--- Problem details ---
Show every line in the entries below where the word "many" appears.

--- Entries provided ---
━━━━━━━━━━━━━━━━━━━━━━━━━━━━━━
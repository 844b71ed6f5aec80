// The freeze of a request.
ghost use Rattle.std.specs.Prelude.{◌≡◌, ◌≤◌, ◌<◌, ◌+◌, ◌++◌, ◌^◌, IfOk, IsTrue, None, if◌then◌else◌, length};
ghost use Rattle.bp_core.specs.Answers.{Answers};
ghost use Rattle.bp_core.specs.Rules.{bare_rule};
ghost use Rattle.bp_bates.specs.Prefixes.{is_good_prefix};
ghost use Rattle.bp_matter.specs.Matter.{Matter};
ghost use Rattle.bp_freeze.specs.Alike.{DecidedAlike};
ghost use Rattle.bp_freeze.specs.Freezing.{freeze_of, frozen_unless, new_production, production_of, same_request};
ghost use Rattle.bp_freeze.specs.Marks.{AreMarks};
ghost use Rattle.bp_freeze.specs.Refusals.{family_rules, first_refusal, first_rule, next_number, prefix_row, request_rules, taken_rules, taking_rules};
ghost use Rattle.bp_freeze.specs.Seeing.{decisions_of, is_produced, seen_of};
ghost use Rattle.bp_freeze.specs.Selecting.{first_of_items, last_of_items};

use crate::families::{first_split, first_unsettled, responsive_marks};
use crate::items::take_items;
use crate::marks::produced_marks;
use crate::requests::{request_refusal, rule_with, same_request};
use bp_bates::{Span, largest};
use bp_core::{Ink, ListOf, OutOfMemory, Refusal, Rule, RuleKind, Text};
use bp_matter::{Item, MAX_PRODUCTIONS, Production, Request, Tables};
use std::alloc::Global;

/// The production that a request gives from then on, or the first rule that it breaks (FRCP 34).
/// A kept id answers with its production, where the request is equal, and with RequestDiffers where
/// it isn't. What is answered depends on what was decided, and on how many pages those documents of
/// the range have that aren't withheld, and on nothing else.
pub fn freeze(alloc: Global, tables: &Tables, request: &Request) -> Result<Production, Refusal>
    ensures answer { Answers (λ f. f) result (freeze_of tables.now.matter request.now) }
    ensures alike { (other : Matter) →
        DecidedAlike request.now tables.now.matter other →
        Answers (λ f. f) result (freeze_of other request.now) }
{
    match tables.production(&request.id) {
        Some(kept) => repeat(alloc, kept, request),
        None => freeze_new(alloc, tables, request),
    }
}

// What a kept production answers to a request of its id.
fn repeat(alloc: Global, kept: &Production, request: &Request) -> Result<Production, Refusal>
    ensures { Answers (λ f. f) result (if same_request kept.now.request request.now
        then Ok kept.now else Err (bare_rule RuleKind.RequestDiffers)) }
{
    if !same_request(&kept.request, request) {
        return Err(Refusal::Rule(Rule::bare(RuleKind::RequestDiffers)));
    }
    Ok(kept.copy(alloc)?)
}

// What a request of a new id gives.
fn freeze_new(alloc: Global, tables: &Tables, request: &Request) -> Result<Production, Refusal>
    ensures { let d = decisions_of tables.now.matter in
        let docs = seen_of tables.now.matter request.now in
        Answers (λ f. f) result (frozen_unless (first_refusal d docs request.now)
        (new_production d docs request.now)) }
{
    if let Some(rule) = request_refusal(alloc, tables, request)? {
        return Err(Refusal::Rule(rule));
    }
    freeze_range(alloc, tables, request)
}

// What a request gives that breaks no rule by itself.
fn freeze_range(alloc: Global, tables: &Tables, request: &Request) -> Result<Production, Refusal>
    requires { first_rule (request_rules (decisions_of tables.now.matter) request.now) ≡ None }
    ensures { let d = decisions_of tables.now.matter in
        let docs = seen_of tables.now.matter request.now in
        Answers (λ f. f) result (frozen_unless
        (first_rule (family_rules d docs request.now ++ taking_rules d docs request.now))
        (new_production d docs request.now)) }
{
    know_passed(tables, request);
    let produced = produced_marks(alloc, tables)?;
    if let Some(rule) = family_refusal(tables, request, &produced) {
        return Err(Refusal::Rule(rule));
    }
    freeze_families(alloc, tables, request, &produced)
}

// Says what holds of a request that breaks no rule by itself.
fn know_passed(tables: &Tables, request: &Request)
    requires { first_rule (request_rules (decisions_of tables.now.matter) request.now) ≡ None }
    ensures good { IsTrue (is_good_prefix request.now.prefix.text request.now.prefix.width) }
    ensures from { 1 ≤ request.now.from.0 }
    ensures order { request.now.from.0 ≤ request.now.to.0 }
    ensures to { request.now.to.0 ≤ length tables.now.matter.docs }
{
    let _tables = tables;
    let _request = request;
}

// The first rule that the families of the range break.
fn family_refusal(tables: &Tables, request: &Request, produced: &[bool]) -> Option<Rule>
    requires from { 1 ≤ request.now.from.0 }
    requires order { request.now.from.0 ≤ request.now.to.0 }
    requires to { request.now.to.0 ≤ length tables.now.matter.docs }
    requires marks { AreMarks (length tables.now.matter.docs) produced.now
        (is_produced tables.now.matter.productions) }
    ensures { result ≡ first_rule (family_rules (decisions_of tables.now.matter)
        (seen_of tables.now.matter request.now) request.now) }
{
    tables.know_valid();
    if let Some(doc) = first_split(tables, request) {
        return Some(rule_with(RuleKind::SplitFamily, u64::from(doc)));
    }
    let from = request.from.0;
    let end = request.to.0 + 1;
    if let Some(doc) = first_unsettled(tables, produced, from, end) {
        return Some(rule_with(RuleKind::Unsettled, u64::from(doc)));
    }
    None
}

// What a request gives whose families stand whole in the range and are settled.
fn freeze_families(
    alloc: Global,
    tables: &Tables,
    request: &Request,
    produced: &[bool],
) -> Result<Production, Refusal>
    requires good { IsTrue (is_good_prefix request.now.prefix.text request.now.prefix.width) }
    requires from { 1 ≤ request.now.from.0 }
    requires order { request.now.from.0 ≤ request.now.to.0 }
    requires to { request.now.to.0 ≤ length tables.now.matter.docs }
    requires marks { AreMarks (length tables.now.matter.docs) produced.now
        (is_produced tables.now.matter.productions) }
    ensures { let d = decisions_of tables.now.matter in
        let docs = seen_of tables.now.matter request.now in
        Answers (λ f. f) result (frozen_unless (first_rule (taking_rules d docs request.now))
        (new_production d docs request.now)) }
{
    tables.know_valid();
    let from = request.from.0;
    let end = request.to.0 + 1;
    let responsive = responsive_marks(alloc, tables, from, end)?;
    let first = next_number(tables, &request.prefix.text);
    let taken = take_items(alloc, tables, produced, &responsive, from, end, first)?;
    let last = taken.next - 1;
    let width = request.prefix.width;
    if let Some(rule) = taking_refusal(taken.items.len(), last, width, productions(tables)) {
        return Err(Refusal::Rule(rule));
    }
    Ok(production_of(alloc, request, taken.items, Span { first, last })?)
}

// The next number under a prefix, which is 1 under a new one.
fn next_number(tables: &Tables, text: &Text) -> u64
    ensures value { result ≡ next_number (prefix_row tables.now.matter.prefixes text.now) }
    ensures from { 1 ≤ result }
    ensures to { result < 2 ^ 40 }
{
    tables.know_valid();
    match tables.prefix_with(text) {
        Some(row) => row.next,
        None => 1,
    }
}

// How many productions stand.
fn productions(tables: &Tables) -> usize
    ensures value { result ≡ length tables.now.matter.productions }
    ensures few { result < 2 ^ 32 }
{
    tables.know_valid();
    tables.productions.len()
}

// The first rule that a production of so many documents breaks which ends at this number of this
// width.
fn taking_refusal(documents: usize, last: u64, width: u8, productions: usize) -> Option<Rule>
    requires from { 4 ≤ width }
    requires to { width ≤ 10 }
    requires few { productions < 2 ^ 32 }
    ensures { result ≡ first_rule (taken_rules documents last width productions) }
{
    if documents == 0 {
        return Some(Rule::bare(RuleKind::NothingResponsive));
    }
    let largest = largest(width);
    if last > largest {
        return Some(Rule::bates_full(largest));
    }
    if productions >= MAX_PRODUCTIONS {
        return Some(Rule {
            a: 7,
            b: productions as u64 + 1,
            ..Rule::bare(RuleKind::MatterFull)
        });
    }
    None
}

// The production of these items, which have these numbers. Its boxes are lettered.
fn production_of(
    alloc: Global,
    request: &Request,
    items: Vec<Item>,
    span: Span,
) -> Result<Production, OutOfMemory>
    requires first { span.first ≡ first_of_items items.items }
    requires last { span.last ≡ last_of_items items.items }
    ensures { IfOk result (λ f. f ≡ production_of request.now items.items) }
{
    Ok(Production {
        ink: Ink::Lettered,
        request: request.copy(alloc)?,
        items: ListOf::from_vec(items),
        span,
    })
}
━━━━━━━━━━━━━━━━━━━━━━━━━━━━━━
--- Worked solution ---
/// it isn't. What is answered depends on what was decided, and on how many pages those documents of
// How many productions stand.
// The first rule that a production of so many documents breaks which ends at this number of this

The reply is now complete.